Written by Grim Jim (Slayer’s Guide to Rules Lawyers and Female Gamers), Nymphology is a humorous look at the most secret arcane talent of all – that of Blue Magic, or Sex Magic.

In the yards, lavatories and dormitories of the various colleges of magic young students swap tales and cobbled together spells developed by other students of magic over the years. Some famous names in the field of magic have a history that is only told in notes passed in class and some of their early work is . . . enlightening to say the least, shedding light on their particular obsessions. Some drop out entirely to pursue this aspect of magic with complete devotion and clarity of purpose.

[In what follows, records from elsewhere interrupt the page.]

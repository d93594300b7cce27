//! Owners of pages.
ghost use Rattle.std.specs.Prelude.{◌≡◌, ◌↔◌, IsTrue};
ghost use Rattle.ids_model.specs.Stands.{catalogue};

use ids_base::numbers::{CATALOGUE, CATALOGUE_ROW, TableNo};
use std::marker::Model;

/// The owner of a page: a table, and the length of its rows. Contracts see the pair of both.
#[derive(Clone, Copy, Debug, PartialEq, Eq)]
pub struct Owner {
    pub table: TableNo,
    pub row_length: u16,
}

impl Model for Owner {
    ghost use Rattle.std.specs.Prelude.{ℕ};

    ghost Value = { ℕ × ℕ };

    ghost view = { λ a. (a.table, a.row_length) };

    ghost inverse = { λ p. record { table = p.0; row_length = p.1 } };
}

impl Owner {
    /// Whether this is the owner of the pages of the catalogue.
    pub(crate) fn is_catalogue(&self) -> bool
        ensures { IsTrue result ↔ (self.now ≡ catalogue) }
    {
        self.table == CATALOGUE && self.row_length == CATALOGUE_ROW
    }
}
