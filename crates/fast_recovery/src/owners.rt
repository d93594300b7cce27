//! The owners of pages.
ghost use Rattle.std.specs.Prelude.{◌≡◌, ◌≤◌, ◌<◌, ◌^◌, ◌⊎◌, ℕ, OnOk};
ghost use Rattle.std.specs.FinMap.{empty, entries};
ghost use Rattle.ids_model.specs.Slots.{own_at, set_own};
ghost use Rattle.fast_recovery.specs.Pages.{ArePages};

use crate::owner::Owner;
use ids_base::memory::Memory;
use ids_base::numbers::TableNo;
use std::alloc::Global;
use std::collections::BTreeMap;
use std::collections::btree_map::Iter;
use std::marker::Model;

/// The pages that have an owner; their numbers have 24 bits. Contracts see the finite map from page to owner.
#[derive(Drop)]
pub struct Owners {
    owners: BTreeMap<u32, Owner>,
}

impl Model for Owners {
    ghost use Rattle.std.specs.FinMap as map;
    ghost use Rattle.fast_recovery.specs.Codes.{coded_own};
    ghost use Rattle.ids_model.specs.Slots.{Own};

    ghost Value = { Own };

    ghost coded = { coded_own };

    ghost view = { λ a. map.from_entries a.owners.entries };

    ghost use Rattle.fast_recovery.specs.Pages.{ArePages};

    ghost invariant = { λ a. ArePages (map.from_entries a.owners.entries) };
}

impl Owners {
    /// No page has an owner. Takes no memory.
    pub fn new(alloc: Global) -> Owners
        ensures { result ≡ empty }
    {
        Owners {
            owners: BTreeMap::new(alloc),
        }
    }

    /// The owner of a page, if it has one, in logarithmic time.
    pub fn get(&self, page: u32) -> Option<Owner>
        ensures { result ≡ own_at self.now page }
    {
        self.owners.get(&page).copied()
    }

    /// Gives a page an owner, in logarithmic time.
    pub fn set(&mut self, page: u32, owner: Owner) -> Result<(), Memory>
        requires { page < 2 ^ 24 }
        ensures { OnOk result (self.new ≡ set_own self.old page owner) }
    {
        self.owners.insert(page, owner)?;
        Ok(())
    }

    /// All pages that have an owner, with the owner and by page.
    pub fn iter(&self) -> Iter<'_, u32, Owner>
        ensures all { result ≡ entries self.now }
        ensures pages { ArePages self.now }
    {
        self.owners.iter()
    }

    /// The greatest number of a table that owns a page, and 99 where that is less. Linear.
    pub fn greatest_table(&self) -> TableNo
        ensures least { 99 ≤ result }
        ensures owners { (page : ℕ) (owner : ℕ × ℕ) → own_at self.now page ≡ Some owner → owner.0 ≤ result }
        ensures is_one { (result ≡ 99) ⊎ ((page : ℕ) × (length : ℕ) × (own_at self.now page ≡ Some (result, length))) }
    {
        let mut greatest = 99;
        for (_, owner) in self.owners.iter() {
            greatest = greatest.max(owner.table);
        }
        greatest
    }
}
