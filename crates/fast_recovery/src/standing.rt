//! The changes of open transactions.
ghost use Rattle.std.specs.Prelude.{◌≡◌, ◌↔◌, [], ◌∷◌, OnOk, MatchOption, IsTrue};

use ids_base::memory::Memory;
use ids_base::numbers::TxNo;
use log_records::change::Change;
use std::alloc::Global;
use std::marker::Model;

/// A change of a slot by a transaction.
#[derive(Drop)]
pub struct TxChange {
    pub tx: TxNo,
    pub change: Change,
}

impl Model for TxChange {
    ghost use Rattle.std.specs.Prelude.{◌<◌};
    ghost use Rattle.ids_base.specs.RowIds.{row_number};
    ghost use Rattle.ids_model.specs.Recovered.{SlotChange};
    ghost use Rattle.fast_recovery.specs.Codes.{coded_change};

    ghost Value = { SlotChange };

    ghost coded = { coded_change };

    ghost invariant = { λ a. a.change.row.slot < 256 };

    ghost view = { λ a. record { tx = a.tx; slot = row_number a.change.row.page a.change.row.slot; before = a.change.before; after = a.change.after } };
}

/// The standing changes. Contracts see the list of them, the latest first.
#[derive(Drop)]
pub struct Standing {
    // The latest is at the end.
    changes: Vec<TxChange>,
}

impl Model for Standing {
    ghost use Rattle.std.specs.Prelude.{List, reverse};
    ghost use Rattle.ids_model.specs.Recovered.{SlotChange};

    ghost Value = { List SlotChange };

    ghost view = { λ a. reverse a.changes.items };
}

impl Standing {
    /// No change. Takes no memory.
    pub fn new(alloc: Global) -> Standing
        ensures { result ≡ [] }
    {
        Standing {
            changes: Vec::new(alloc),
        }
    }

    /// These changes, of which the latest is the first. Takes no memory; linear.
    pub fn from_latest(changes: Vec<TxChange>) -> Standing
        ensures { result ≡ changes.items }
    {
        let mut changes = changes;
        changes.reverse();
        Standing { changes }
    }

    /// Whether there is none.
    pub fn is_empty(&self) -> bool
        ensures { IsTrue result ↔ (self.now ≡ []) }
    {
        self.changes.is_empty()
    }

    /// A change after all the others. Amortised constant time.
    pub fn push(&mut self, change: TxChange) -> Result<(), Memory>
        ensures { OnOk result (self.new ≡ change ∷ self.old) }
    {
        self.changes.push(change)?;
        Ok(())
    }

    /// Takes the latest change away. Takes no memory; constant time.
    pub fn pop(&mut self) -> Option<TxChange>
        ensures { MatchOption result ((self.old ≡ []) × (self.new ≡ [])) (λ c. self.old ≡ c ∷ self.new) }
    {
        self.changes.pop()
    }
}
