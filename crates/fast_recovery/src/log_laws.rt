//! Laws of the log and its buffer: what is appended is kept (`KeepsLog`), so that at every moment a stop leaves a front of it, with at
//! least what was flushed by then. Each is the contract of a function that does nothing.
ghost use Rattle.std.specs.Prelude.{◌≡◌, ◌≤◌, ◌+◌, ◌++◌, ℕ, List, [], ◌∷◌, length};
ghost use Rattle.ids_outside.specs.Images.{Image};
ghost use Rattle.log_records.specs.Entries.{Entry};
ghost use Rattle.log_files.specs.Files.{Files, IsRing, Appends, Clears, IsReady, next_free, taken};
ghost use Rattle.log_files.specs.Moments.{Within};
ghost use Rattle.log_buffer.specs.Buffers.{Buffer, appended, bodies, empty_at};
ghost use Rattle.fast_recovery.specs.KeptLog.{Flushed, HasLog, KeepsLog, Outlives};

use ids_outside::Disk;

/// A record that is appended to the buffer joins the log.
pub fn appends_keep<D: Disk>()
    ensures { (since : ℕ) (base : Image) (before all : List Entry) (marks : List Flushed) (files : Files) (buffer : Buffer) (e : Entry) (disk : D)
        → KeepsLog D.Disk since base before all marks files buffer disk
        → KeepsLog D.Disk since base before (all ++ e ∷ []) marks files (appended buffer e) disk }
{}

/// Once the log was read and its other places are closed, all that can be left has the log, and a buffer without records goes on
/// behind it.
pub fn openings_keep<D: Disk>()
    ensures { (base : Image) (before : List Entry) (files : Files) (room : ℕ) (disk : D)
        → IsReady D.Disk files disk
        → ((c : Image) → D.can_leave disk c → HasLog files base before [] c)
        → KeepsLog D.Disk (D.now disk) base before [] [] files (empty_at files.next room) disk }
{}

/// The log is kept by a flush of its buffer, with a mark that all records are on the disk for good from this moment on; and a stop
/// within it, or behind a fault, leaves a front of them, with at least what was flushed before.
pub fn flushes_keep<D: Disk>()
    ensures keeps { (since : ℕ) (base : Image) (before all : List Entry) (marks : List Flushed) (files : Files) (buffer : Buffer) (old new : D)
        → KeepsLog D.Disk since base before all marks files buffer old
        → Within D.Disk old new (Appends files (bodies buffer.first buffer.blocks))
        → IsReady D.Disk (taken files (length buffer.blocks)) new
        → IsRing files → files.next + length buffer.blocks ≤ files.limit
        → KeepsLog D.Disk since base before all (marks ++ record { at = D.now new; count = length all } ∷ [])
        (taken files (length buffer.blocks)) (empty_at (buffer.first + length buffer.blocks) buffer.room) new }
    ensures outlives { (since : ℕ) (base : Image) (before all : List Entry) (marks : List Flushed) (files : Files) (buffer : Buffer) (old new : D)
        → KeepsLog D.Disk since base before all marks files buffer old
        → Within D.Disk old new (Appends files (bodies buffer.first buffer.blocks))
        → files.first ≤ files.next
        → Outlives D.now D.left_at since base before all marks files new }
{}

/// A run of reads keeps the log.
pub fn reads_keep<D: Disk>()
    ensures { (since : ℕ) (base : Image) (before all : List Entry) (marks : List Flushed) (files : Files) (buffer : Buffer) (old new : D)
        → KeepsLog D.Disk since base before all marks files buffer old
        → Within D.Disk old new (λ x y. y ≡ x)
        → IsReady D.Disk files new
        → KeepsLog D.Disk since base before all marks files buffer new }
{}

/// The log is kept when the places of the next file are closed; and a stop within it, or behind a fault, leaves what it left before.
pub fn clears_keep<D: Disk>()
    ensures ready { (since : ℕ) (base : Image) (before all : List Entry) (marks : List Flushed) (files : Files) (buffer : Buffer) (old new : D)
        → KeepsLog D.Disk since base before all marks files buffer old
        → Within D.Disk old new (Clears files)
        → IsReady D.Disk (next_free files) new
        → files.first ≤ files.next
        → KeepsLog D.Disk since base before all marks (next_free files) buffer new }
    ensures outlives { (since : ℕ) (base : Image) (before all : List Entry) (marks : List Flushed) (files : Files) (buffer : Buffer) (old new : D)
        → KeepsLog D.Disk since base before all marks files buffer old
        → Within D.Disk old new (Clears files)
        → files.first ≤ files.next
        → Outlives D.now D.left_at since base before all marks files new }
{}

Covered within are original uses for existing spells in the field of Nymphology (including a few surprises for grease and enlarge spells. . .), new erotic spells, travels to the Elemental Plane of Lust, prestige classes you will never see anywhere else (the Agony Mage, Mystic Pimp, Seduction Mage and, of course, the Peeping Scryer), magic items, creatures of lust and a whole range of special tricks you can try when mastering this mighty magic.

Everything contained within this tome has a practical use in all fantasy-based d20 System games. But then, Grim is known to play some pretty strange games. . .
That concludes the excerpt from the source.